En outre selon l'article 954 alinéa 3 du même code, la cour ne statue que sur les prétentions énoncées au dispositif et n'examine les moyens au soutien de ces prétentions que s'ils sont invoqués dans la discussion.
ll résulte de la combinaison de ces dispositions que si la partie appelante doit impérativement mentionner dans le dispositif de ses conclusions qu'est demandée l'annulation ou l'infirmation du jugement, elle ne peut se contenter de demander l'infirmation, et elle doit formuler des prétentions sur les demandes tranchées dans le jugement, faute de quoi la cour d'appel n'est saisie d'aucune prétention (Civ. 2 e , 5 déc. 2013,n° 12-23.611, Bull. 2013, II, n° 230) et ne peut que confirmer le jugement ( 2ème civ, 4 février 2021, n°19-23.615)

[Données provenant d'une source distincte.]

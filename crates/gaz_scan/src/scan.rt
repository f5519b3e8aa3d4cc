//! A scan over the pairs of a tree whose keys lie in a range.
ghost use Rattle.std.specs.Prelude.{◌≡◌, ◌<◌, ◌≤◌, ◌+◌, ◌*◌, ◌++◌, ℕ, List, [], IsTrue, IfOk, IfErr, OnOk, Some};
ghost use Rattle.gaz_leaf.specs.Node.{Pair, key_of, key_in, entry_at, count_of as count_in, IsShaped};
ghost use Rattle.gaz_tree.specs.Tree.{IsTop};
ghost use Rattle.gaz_tree.specs.Calls.{NamesOf};
ghost use Rattle.gaz_page.specs.Pages.{HasReads, NoMemory};
ghost use Rattle.gaz_scan.specs.Ranges.{between, up_to};
ghost use Rattle.gaz_scan.specs.Seek.{rest_of, IsAfterLast};
ghost use Rattle.gaz_scan.specs.Scan.{Comes, Gives, GivesFirst, Fills, IsOfLeaf, StandsOn, WentDown, tree_of};

use crate::after::after;
use crate::copied::Copied;
use crate::seek::seek_below;
use gaz_leaf::{Key, Kind, clear, count_of, key_at, key_bytes, value_at};
use gaz_page::{PageFault, Pages};
use gaz_tree::Tree;

/// A scan over the pairs whose keys lie in a closed range. It holds a copy of one leaf, so that most keys read no page.
#[derive(Drop)]
pub struct Scan {
    tree: Tree,
    copied: Copied,
    /// Where the keys behind the copied leaf begin, or None where no more come.
    next: Option<Key>,
    high: Key,
}

/// The next entry of the copied leaf, where there is one with a key up to this one.
fn give(copied: &mut Copied, high: Key) -> Option<([u8; 32], u64)>
    ensures first { (more : List Pair) → (copied.old.at ≡ count_in copied.old.bytes → up_to (key_in high) (rest_of copied.old ++ more) ≡ [])
        → GivesFirst (up_to (key_in high) (rest_of copied.old ++ more)) (up_to (key_in high) (rest_of copied.new ++ more)) result }
    ensures bytes { copied.new.bytes ≡ copied.old.bytes }
    ensures stands { StandsOn copied.new result }
{
    if copied.at == count_of(&copied.bytes) {
        return None;
    }
    if high.is_below(key_at(&copied.bytes, Kind::Leaf, copied.at)) {
        return None;
    }
    let given = (
        key_bytes(&copied.bytes, Kind::Leaf, copied.at),
        value_at(&copied.bytes, Kind::Leaf, copied.at),
    );
    copied.at += 1;
    Some(given)
}

/// The key after the last one of the copied leaf, or None where that is the greatest of all.
fn after_last(copied: &Copied) -> Option<Key>
    requires some { 0 < count_in copied.now.bytes }
    ensures { IsAfterLast copied.now result }
{
    let count = count_of(&copied.bytes);
    after(key_at(&copied.bytes, Kind::Leaf, count - 1))
}

impl Scan {
    /// A scan over the pairs of a tree with keys from `low` to `high`, both included.
    pub fn over(tree: Tree, low: [u8; 32], high: [u8; 32]) -> Scan
        ensures comes { (pages : ℕ → List ℕ) (pairs : List Pair) → IsTop pages tree.height tree.top pairs → Comes pages result (between (key_of low) (key_of high) pairs) }
        ensures tree { tree_of result ≡ tree }
    {
        let mut bytes = [0; 4096];
        clear(&mut bytes, Kind::Leaf, 0);
        Scan {
            tree,
            copied: Copied { bytes, at: 0 },
            next: Some(Key::read(&low, 0)),
            high: Key::read(&high, 0),
        }
    }

    /// Copies the leaf with the first pair from a key on, unless that key is past the range.
    fn fill_from<P: Pages>(&mut self, pages: &mut P, key: Key) -> Result<(), PageFault>
        requires empty { self.old.copied.at ≡ count_in self.old.copied.bytes }
        requires next { self.old.next ≡ Some key }
        ensures fills { IsTrue (P.view pages.old).is_told → (left : List Pair) → Comes (P.view pages.old).page self.old left
            → Fills (P.view pages.old).page (P.view pages.new).page self.new left result }
        ensures tree { tree_of self.new ≡ tree_of self.old }
        ensures fault { IfErr result NoMemory }
        ensures down { OnOk result (IsTrue (P.view pages.old).is_told → WentDown (P.view pages.old).page self.old self.new) }
        ensures names { IsTrue (P.view pages.old).is_told → NamesOf (P.view pages.old).page (tree_of self.old).height (tree_of self.old).top result }
        ensures reads { HasReads (2 * (tree_of self.old).height) (P.view pages.old) (P.view pages.new) result }
        ensures keeps { P.keeps pages.old pages.new }
    {
        if self.high.is_below(key) {
            return Ok(());
        }
        if self.tree.height == 0 {
            return Err(PageFault::Damaged(self.tree.top));
        }
        match seek_below(
            pages,
            self.tree.height - 1,
            self.tree.top,
            key,
            &mut self.copied,
        ) {
            Ok(true) => {
                self.next = after_last(&self.copied);
                Ok(())
            }
            Ok(false) => {
                self.next = None;
                Ok(())
            }
            Err(fault) => Err(fault),
        }
    }

    /// Copies the next leaf, where nothing is left of the one that was copied.
    fn fill<P: Pages>(&mut self, pages: &mut P) -> Result<(), PageFault>
        ensures fills { IsTrue (P.view pages.old).is_told → (left : List Pair) → Comes (P.view pages.old).page self.old left
            → Fills (P.view pages.old).page (P.view pages.new).page self.new left result }
        ensures tree { tree_of self.new ≡ tree_of self.old }
        ensures fault { IfErr result NoMemory }
        ensures down { OnOk result (IsTrue (P.view pages.old).is_told → WentDown (P.view pages.old).page self.old self.new) }
        ensures names { IsTrue (P.view pages.old).is_told → NamesOf (P.view pages.old).page (tree_of self.old).height (tree_of self.old).top result }
        ensures reads { HasReads (2 * (tree_of self.old).height) (P.view pages.old) (P.view pages.new) result }
        ensures keeps { P.keeps pages.old pages.new }
    {
        if self.copied.at != count_of(&self.copied.bytes) {
            return Ok(());
        }
        match self.next {
            None => Ok(()),
            Some(key) => self.fill_from(pages, key),
        }
    }

    /// The next pair, or None where all of the range were given. The pages have to be those over which the scan was begun.
    pub fn next<P: Pages>(&mut self, pages: &mut P) -> Result<Option<([u8; 32], u64)>, PageFault>
        ensures gives { IsTrue (P.view pages.old).is_told → (left : List Pair) → Comes (P.view pages.old).page self.old left
            → Gives (P.view pages.old).page (P.view pages.new).page self.new left result }
        ensures tree { tree_of self.new ≡ tree_of self.old }
        ensures fault { IfErr result NoMemory }
        // Whatever the pages are, each one that was gone through has its kind and its own number, and the pair stands in the leaf that was copied.
        ensures down { OnOk result (IsTrue (P.view pages.old).is_told → WentDown (P.view pages.old).page self.old self.new) }
        ensures stands { IfOk result (λ given. IsOfLeaf self.new given) }
        ensures names { IsTrue (P.view pages.old).is_told → NamesOf (P.view pages.old).page (tree_of self.old).height (tree_of self.old).top result }
        ensures reads { HasReads (2 * (tree_of self.old).height) (P.view pages.old) (P.view pages.new) result }
        ensures keeps { P.keeps pages.old pages.new }
    {
        match self.fill(pages) {
            Ok(()) => Ok(give(&mut self.copied, self.high)),
            Err(fault) => Err(fault),
        }
    }
}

En l'espèce, aux termes de leurs conclusions uniques notifiées par voie dématérialisée le 15 novembre 2023, les appelants sollicitent seulement l'infirmation de l'ordonnance du juge de la mise en état condamnant la SCI La Batie à payer la somme de 70.375 euros à titre de provision à valoir sur les dividendes des années 2015 à 2022, sans formuler de prétention, de sorte que M. [R] [I] est bien fondé à soutenir que les appelants ne saisissent pas la cour d'une demande de déclarer bien fondé leur appel. Il s'ensuit, qu'en l'absence de formulation de prétention sur les demandes tranchées dans l'ordonnance, la cour n'est saisie d'aucune prétention et ladite ordonnance est en conséquence confirmée.
Sur l'article 700 du Code de procédure civile et sur les dépens
La SCI La Batie, M. [H] [O], M. [C] [O], Mme [N] [O] et M. [F] [I] doivent supporter in solidum les dépens d'appel comme la totalité des frais irrépétibles exposés et verser in solidum à M. [R] [I] la somme de 800 euros sur le fondement de l'article 700 du code de procédure civile en cause d'appel. Il y a également lieu de débouter la SCI La Batie, M. [H] [O], M. [C] [O], Mme [N] [O] et M. [F] [I] de leur demande au titre de l'article 700 du code de procédure civile en cause d'appel.
PAR CES MOTIFS
La cour, statuant publiquement, par arrêt contradictoire, par mise à disposition de l'arrêt au greffe de la cour, les parties en ayant été préalablement avisées dans les conditions prévues au deuxième alinéa de l'article 450 du code de procédure civile, après en avoir délibéré conformément à la loi,
Déclare recevable l'appel interjeté par la SCI La Batie, M. [H] [O], M. [C] [O], Mme [N] [O] et M. [F] [I],
Confirme l'ordonnance en ses dispositions soumises à la cour,
Ajoutant,
Condamne in solidum la SCI La Batie, M. [H] [O], M. [C] [O], Mme [N] [O] et M. [F] [I] à payer à M. [R] [I] la somme de 800 euros au titre de l'article 700 du code de procédure civile en cause d'appel,
Déboute la SCI La Batie, M. [H] [O], M. [C] [O], Mme [N] [O] et M. [F] [I] de leur demande au titre de l'article 700 du code de procédure civile en cause d'appel,
Condamne in solidum la SCI La Batie, M. [H] [O], M. [C] [O], Mme [N] [O] et M. [F] [I], aux dépens d'appel.
SIGNÉ par Mme FIGUET, Présidente et par Mme RICHET, Greffière à laquelle la minute de la décision a été remise par le magistrat signataire.